Hubs on hospice 9 months now for Parkinsons. Also has late stage dementia. We are pretty good about identifying when he has UTI after 7 years of formal dementia diagnosis. He had smelly urine starting about 2 weeks ago, hospice kept telling us to push fluids, he got more passive, then a few days ago the smell was overpowering. I called hospice they took temp (normal) etc & nurse said have to wait till it's over 100. Dr just said push fluids & call in the a.m. Next day his temp was 99.2, then 99.9, he was sweaty & urine very smelly, then agitated and definitely uncomfortable. After refusing all day our caregiver called the hospice owner & Dr.; ordered cath urine for culture (he is incontinent) & I dipsticked it before the nurse took it away & it showed max infection. Dr. still wouldn't order an antibiotic. So I called his primary & told them what was going on & they immediately ordered an antibiotic which we started him on last night. Our Dr. said they'd contact hospice & tell them. Well, today he's a new man. Next time his urine smells I'm going to call his primary right away unless hospice Dr. will take urine for culture & start him on best guess antibiotic. Have I misunderstood the role of hospice? I thought they were supposed to take care of stuff like this.

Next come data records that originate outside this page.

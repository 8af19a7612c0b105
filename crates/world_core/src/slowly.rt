//! The judge of `sec_meaning`: each call judges the transaction anew, from its start.
ghost use Rattle.std.specs.Prelude.{◌≡◌, ◌≤◌, None, drop, length, IfOk};
ghost use Rattle.std.specs.Arc.{arc_value};
ghost use Rattle.std.specs.Option.{option_copied};
ghost use Rattle.sec_meaning.specs.Judgement.{judge, request_part};
ghost use Rattle.sec_meaning.specs.Phase.{phase};
ghost use Rattle.tx_core.specs.Halves.{BeginsAs, first_lines};
ghost use Rattle.world_core.specs.Begun.{begun_of};

use crate::begun::JudgeBegun;
use crate::judge::Judge;
use crate::rules::Handle;
use sec_ast::{Listing, LogLine};
use sec_meaning::phase_number::{REQUEST_BODY, REQUEST_HEADERS};
use sec_meaning::{PlainState, plain_judge, plain_phase};
use std::alloc::Global;
use std::marker::Model;
use tx_core::Ended;
use waf_plain::{NoMemory, Seq};
use web_parts::{Request, Response};

/// Judges by `plain_judge` and `plain_phase` of `sec_meaning`: slowly, since each call starts from the
/// request.
#[derive(Drop)]
pub struct Slowly {}

/// A request that was judged and not interrupted, and how many lines were logged for it.
#[derive(Drop)]
pub struct SlowHalf {
    rules: Handle,
    generation: u64,
    request: Request,
    logged: u64,
}

impl Model for SlowHalf {
    ghost use Rattle.tx_core.specs.HalfView.{HalfView};
    ghost use Rattle.world_core.specs.Slowly.{IsBegun, seen_slow_half};

    ghost Value = { HalfView };

    ghost view = { seen_slow_half };

    ghost invariant = { IsBegun };
}

impl Judge for Slowly {
    type Half = SlowHalf;

    ghost half = { λ half. half };

    fn begin(
        &self,
        alloc: Global,
        rules: Handle,
        generation: u64,
        request: Request,
    ) -> Result<JudgeBegun<SlowHalf>, NoMemory> {
        let sec_meaning::Judged { first, lines, .. } = judge_anew(
            alloc,
            rules.listing(),
            &request,
            None,
        )?;
        match first {
            Some(verdict) => Ok(JudgeBegun::Interrupted { verdict, lines }),
            None => goes_on(alloc, rules, generation, request),
        }
    }

    fn finish(&self, alloc: Global, half: SlowHalf, response: Response) -> Result<Ended, NoMemory> {
        let judged = judge_anew(alloc, half.rules.listing(), &half.request, Some(&response))?;
        Ok(Ended {
            verdict: judged.second,
            lines: after_first(judged.lines, half.logged),
        })
    }

    fn retire(&self, alloc: Global, half: SlowHalf) -> Result<Seq<LogLine>, NoMemory> {
        let judged = judge_anew(alloc, half.rules.listing(), &half.request, None)?;
        Ok(after_first(judged.lines, half.logged))
    }
}

// The patterns of compiled rules have been read, so a build of them fails for memory alone.
fn judge_anew(
    alloc: Global,
    listing: &Listing,
    request: &Request,
    response: Option<&Response>,
) -> Result<sec_meaning::Judged, NoMemory>
    ensures { IfOk result (λ judged. judged ≡ judge listing.now request.now (option_copied response.entry)) }
{
    match plain_judge(alloc, listing, request, response) {
        Ok(judged) => Ok(judged),
        Err(_) => Err(NoMemory),
    }
}

fn goes_on(
    alloc: Global,
    rules: Handle,
    generation: u64,
    request: Request,
) -> Result<JudgeBegun<SlowHalf>, NoMemory>
    requires { (request_part (arc_value rules) request).verdict ≡ None }
    ensures { IfOk result (λ begun. BeginsAs (arc_value rules) generation request (begun_of begun)) }
{
    let lines = first_lines(alloc, rules.listing(), &request)?;
    let half = SlowHalf {
        rules,
        generation,
        request,
        logged: lines.len(),
    };
    Ok(JudgeBegun::Goes { half, lines })
}

// The lines of the phases of a request that is not interrupted: its judgement has those of the logging
// phase among them.
fn first_lines(
    alloc: Global,
    listing: &Listing,
    request: &Request,
) -> Result<Seq<LogLine>, NoMemory>
    requires { (request_part listing.now request.now).verdict ≡ None }
    ensures { IfOk result (λ lines. lines ≡ first_lines listing.now request.now) }
{
    let state = PlainState::start(alloc, listing, request)?;
    let state = after_phase(alloc, listing, REQUEST_HEADERS, state)?;
    let state = after_phase(alloc, listing, REQUEST_BODY, state)?;
    Ok(state.lines)
}

fn after_phase(
    alloc: Global,
    listing: &Listing,
    number: u8,
    state: PlainState,
) -> Result<PlainState, NoMemory>
    ensures { IfOk result (λ after. after ≡ (phase listing.now number state).state) }
{
    match plain_phase(alloc, listing, number, &state) {
        Ok(after) => Ok(after),
        Err(_) => Err(NoMemory),
    }
}

fn after_first(lines: Seq<LogLine>, count: u64) -> Seq<LogLine>
    requires { count ≤ length lines }
    ensures { result ≡ drop count lines }
{
    let mut lines = lines.into_vec();
    lines.drain(..count as usize);
    Seq::from_vec(lines)
}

Many hospices do discourage the use of antibiotics because they are regarded as curative. You may agree or disagree with this philosophy but if you want something treated you do need to speak up when things are not gone the way you want. Many people actually don't want their loved ones treated.

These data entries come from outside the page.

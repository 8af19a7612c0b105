//! The steps.
ghost use Rattle.std.specs.Prelude.{◌≡◌};
ghost use Rattle.std.specs.Arc.{arc_value};
ghost use Rattle.world_core.specs.Standing.{May, Stepped};
ghost use Rattle.world_core.specs.declared.step.Step.{Step};

use crate::act::act_on;
use crate::judge::Judge;
use crate::judged;
use crate::peers::{Connection, hear, hear_end, place_of};
use crate::rules::Handle;
use crate::step::Step;
use crate::world::World;
use conn_core::{Conn, Seen};
use hall_core::Expiry;
use shelf::{Apps, Published};
use waf_plain::{Bytes, NoMemory};

impl<J: Judge> World<J> {
    /// Does a step, and answers what it shows. After an `Err` it can only be dropped.
    pub fn step(&mut self, step: Step<Handle>) -> Result<Seen, NoMemory>
        requires { May self.old step }
        ensures { Stepped arc_value self.old step result self.new }
    {
        match step {
            Step::Open(number) => self.open(number),
            Step::Feed(number, bytes) => self.feed(number, bytes),
            Step::End(number) => self.end(number),
            Step::Act(number) => self.act(number),
            Step::Tick(units) => self.tick(units),
            Step::Expire(shard) => self.expire(shard),
            Step::Reload(apps) => self.reload(apps),
            Step::Stats => self.stats(),
        }
    }

    fn open(&mut self, number: u32) -> Result<Seen, NoMemory>
        ensures { Stepped arc_value self.old (Step.Open number) result self.new }
    {
        let conn = Conn::new(self.tables.alloc, self.size)?;
        self.peers.push(Connection { number, conn })?;
        Ok(Seen::Nothing)
    }

    fn feed(&mut self, number: u32, bytes: Bytes) -> Result<Seen, NoMemory>
        requires { May self.old (Step.Feed number bytes) }
        ensures { Stepped arc_value self.old (Step.Feed number bytes) result self.new }
    {
        match place_of(&self.peers, number) {
            Some(place) => hear(&mut self.peers[place].conn, bytes.as_slice()),
            None => unreachable!(),
        }
    }

    fn end(&mut self, number: u32) -> Result<Seen, NoMemory>
        requires { May self.old (Step.End number) }
        ensures { Stepped arc_value self.old (Step.End number) result self.new }
    {
        match place_of(&self.peers, number) {
            Some(place) => hear_end(&mut self.peers[place].conn),
            None => unreachable!(),
        }
    }

    fn act(&mut self, number: u32) -> Result<Seen, NoMemory>
        requires { May self.old (Step.Act number) }
        ensures { Stepped arc_value self.old (Step.Act number) result self.new }
    {
        match place_of(&self.peers, number) {
            Some(place) => act_on(&mut self.peers[place].conn, &mut self.tables),
            None => unreachable!(),
        }
    }

    fn tick(&mut self, units: u64) -> Result<Seen, NoMemory>
        ensures { Stepped arc_value self.old (Step.Tick units) result self.new }
    {
        self.tables.moment = self.tables.moment.saturating_add(units);
        Ok(Seen::Nothing)
    }

    fn expire(&mut self, shard: u32) -> Result<Seen, NoMemory>
        requires { May self.old (Step.Expire shard) }
        ensures { Stepped arc_value self.old (Step.Expire shard) result self.new }
    {
        match self.tables.shards.expire(shard, self.tables.moment) {
            Expiry::NothingDue => Ok(Seen::NothingDue),
            Expiry::Expired { ticket, value, .. } => Ok(Seen::Expired {
                ticket,
                lines: judged::retire(&self.tables.judge, self.tables.alloc, value)?,
            }),
        }
    }

    fn reload(&mut self, apps: Apps<Handle>) -> Result<Seen, NoMemory>
        ensures { Stepped arc_value self.old (Step.Reload apps) result self.new }
    {
        match self.tables.shelf.publish(apps) {
            Published::Generation(generation) => Ok(Seen::Published(generation)),
            Published::Worn => Ok(Seen::Worn),
        }
    }

    fn stats(&self) -> Result<Seen, NoMemory>
        ensures { Stepped arc_value self.now Step.Stats result self.now }
    {
        Ok(Seen::Counts(self.tables.shards.counts()))
    }
}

I wouldn't be surprised if hospice policy is to ignore the low-level grumbling uti's that are extremely common in very frail elders; but the rising fever and the strong odour should have made it obvious that treating this infection was not at all incompatible with palliative care.
Which makes me wonder if it was a communication problem, which I guess wouldn't have been so if you'd done the communicating. Do by all means take it over, you are your father's advocate; but why not get in touch with the hospice doctor yourself now, with the crisis well in hand, and see if you can establish a good, constructive relationship there.